Il presidente ha dichiarato che i contatti con rappresentanti ucraini proseguono e che sono in corso interlocuzioni con funzionari dell’amministrazione statunitense nominati dall’amministrazione Trump per il dialogo con la Russia, definendo questo confronto operativo. A suo dire il presidente Usa Donald Trump sarebbe orientato a un approccio positivo e costruttivo. Negli ultimi giorni si è parlato della possibile visita a Mosca dell’inviato speciale della Casa Bianca Steve Witkoff e del genero di Trump, Jared Kushner.

A Vladivostok Putin ha ribadito che le presunte minacce di attacchi contro aerei civili da parte dell’Ucraina rappresenterebbero, a suo avviso, una forma di terrorismo di Stato. Nei giorni precedenti il presidente ucraino Volodymyr Zelensky aveva avvertito compagnie aeree e assicurazioni che lo spazio aereo russo «non è più sicuro», segnalando un incremento della presenza di droni lanciati da Kiev.

Putin ha sostenuto che gli attacchi contro navi mercantili e le minacce rivolte ad aeromobili civili ostacolano la possibilità di negoziare la pace e li ha definiti manifestazioni di terrorismo di Stato. Ha inoltre criticato il silenzio, secondo lui, di alcuni alleati occidentali dell’Ucraina, affermando che tale inattività rischia di renderli complici del fenomeno e che non è possibile interpretare diversamente questi comportamenti.

Putin: “Russia non ha problemi di uomini, perdite Kiev invece aumentano”
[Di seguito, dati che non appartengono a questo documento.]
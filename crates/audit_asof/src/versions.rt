//! The versions of a table as some transactions left them.

ghost use Rattle.std.specs.Prelude.{◌≡◌, ◌++◌, flat_map, map, IfOk, OnOk};
ghost use Rattle.spec_model.specs.Lists.{sorted, is_among};
ghost use Rattle.spec_model.specs.Rows.{start_cmp};
ghost use Rattle.spec_asof.specs.DatabaseAt as spec;
ghost use Rattle.audit_asof.specs.Kept.{kept_by};

use crate::earlier_txs::EarlierTxs;
use base_types::{Items, Memory};
use sql_types::{EventId, TableRows, Version};
use std::alloc::Global;

/// The versions of a table that these transactions left, by rising start. They are moved out of the rows. Takes an
/// ordered search for each start and end, and the time of sorting two lists that are in order.
#[tactic(auto, unfolding(spec_asof::specs::DatabaseAt::versions_at), using(crate::proofs::Kept::both_kept))]
pub(crate) fn versions_at(
    alloc: Global,
    txs: &EarlierTxs,
    rows: TableRows,
) -> Result<Vec<Version>, Memory>
    ensures { IfOk result (λ versions. versions.items ≡ spec.versions_at (is_among txs.now) rows) }
{
    let TableRows { base, history, .. } = rows;
    let mut kept = Vec::with_capacity(alloc, base.len())?;
    keep_all(txs, base, &mut kept)?;
    keep_all(txs, history, &mut kept)?;
    sort_by_start(&mut kept)?;
    Ok(kept)
}

/// Adds the versions that one of these transactions started.
fn keep_all(
    txs: &EarlierTxs,
    versions: Items<Version>,
    kept: &mut Vec<Version>,
) -> Result<(), Memory>
    ensures { OnOk result (kept.new.items
        ≡ kept.old.items ++ flat_map (kept_by (is_among txs.now)) versions) }
{
    for version in versions.into_vec() {
        keep(txs, version, kept)?;
    }
    Ok(())
}

/// Adds the version, if one of these transactions started it.
fn keep(txs: &EarlierTxs, version: Version, kept: &mut Vec<Version>) -> Result<(), Memory>
    ensures { OnOk result (kept.new.items ≡ kept.old.items ++ kept_by (is_among txs.now) version) }
{
    if txs.has(version.start.tx) {
        kept.push(with_end_at(txs, version))?;
    }
    Ok(())
}

fn with_end_at(txs: &EarlierTxs, version: Version) -> Version
    ensures { result ≡ spec.with_end_at (is_among txs.now) version }
{
    Version {
        end: end_at(txs, version.end),
        ..version
    }
}

fn end_at(txs: &EarlierTxs, end: Option<EventId>) -> Option<EventId>
    ensures { result ≡ spec.end_at (is_among txs.now) end }
{
    match end {
        Some(event) if txs.has(event.tx) => Some(event),
        _ => None,
    }
}

fn sort_by_start(versions: &mut Vec<Version>) -> Result<(), Memory>
    ensures { OnOk result (versions.new.items ≡ sorted start_cmp versions.old.items) }
{
    versions.sort_by(|a, b| a.start.cmp(&b.start))?;
    Ok(())
}

/// The versions with as many values as there are columns.
pub(crate) fn cut_to(
    alloc: Global,
    columns: usize,
    versions: Vec<Version>,
) -> Result<Vec<Version>, Memory>
    ensures { IfOk result (λ cut. cut.items ≡ map (spec.cut_to columns) versions.items) }
{
    let mut cut = Vec::with_capacity(alloc, versions.len())?;
    for version in versions {
        cut.push(cut_one(columns, version))?;
    }
    Ok(cut)
}

fn cut_one(columns: usize, version: Version) -> Version
    ensures { result ≡ spec.cut_to columns version }
{
    let mut values = version.values.into_vec();
    values.truncate(columns);
    Version {
        values: Items::from_vec(values),
        ..version
    }
}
Sulla situazione militare, Putin ha dichiarato che la Russia «non ha problemi di personale», mentre — secondo lui — le perdite ucraine sono in aumento mese dopo mese. Ha affermato che il numero dei decessi e delle assenze operative a Kiev sarebbe superiore rispetto a quanti si arruolano con la mobilitazione o rientrano dagli ospedali, stimando una riduzione netta di 8.000–12.000 effettivi ogni mese. Putin ha inoltre sottolineato che, a suo dire, i cittadini russi parteciperebbero volontariamente all’«operazione militare speciale», mentre in Ucraina le persone verrebbero inviate sul fronte forzatamente.
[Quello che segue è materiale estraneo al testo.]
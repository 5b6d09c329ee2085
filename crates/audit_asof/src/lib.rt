//! A database behind its first transactions, opened from an image of it, and what SELECTs are answered over it.
#![tactic(auto)]

mod as_of;
mod by_key;
mod definitions;
mod earlier_txs;
mod opened_table;
mod rows;
mod showing;
mod tables;
mod versions;

pub use as_of::{AsOf, AsOfErr};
Mosca cancella ancora voli dopo avvertimento Zelensky

Per la seconda notte consecutiva sono state introdotte limitazioni ai voli in arrivo e in partenza dagli aeroporti moscoviti di Vnukovo e Sheremetyevo, dopo l’allerta lanciata dall’Ucraina su una nuova campagna volta a «chiudere» lo spazio aereo russo. L’Agenzia federale russa per il trasporto aereo, Rosaviatsia, ha parlato di restrizioni temporanee alle operazioni aeroportuali. La maggior parte delle compagnie aeree occidentali aveva già sospeso i voli verso la Russia dopo l’inizio dell’invasione su larga scala dell’Ucraina.

Kiev colpisce nave russa nel porto di Sochi

La Marina ucraina ha reso noto che le sue forze hanno colpito una nave russa nel porto di Sochi, sul Mar Nero. La nave, indicata con il nome Nefrit, sarebbe stata impiegata nelle attività legate al settore petrolifero e del gas, fornendo supporto alle infrastrutture offshore, trasportando merci e personale e svolgendo lavori di ingegneria subacquea. Secondo Kiev tali operazioni costituirebbero un sostegno diretto all’economia di guerra della Russia.

Zelensky: “Nemico non è andato in vacanza, in 24 ore 5 morti e 66 feriti”

Gli attacchi russi sono proseguiti nelle ultime 24 ore: i raid hanno provocato cinque vittime e almeno 66 feriti in diverse regioni dell’Ucraina. I droni russi hanno raggiunto anche aree dell’Ucraina occidentale, incluse le oblast di Khmelnytskyj e Vinnytsia. Zelensky ha riferito che durante la notte sono stati registrati danni in 13 oblast e che gli allarmi antiaerei sono rimasti attivi a lungo in molte città a causa della minaccia rappresentata dai droni a reazione. Il presidente ucraino ha sottolineato la necessità di risposte e contromisure più efficaci, oltre a una produzione europea più rapida di sistemi di difesa aerea, antimissile e anti‐drone.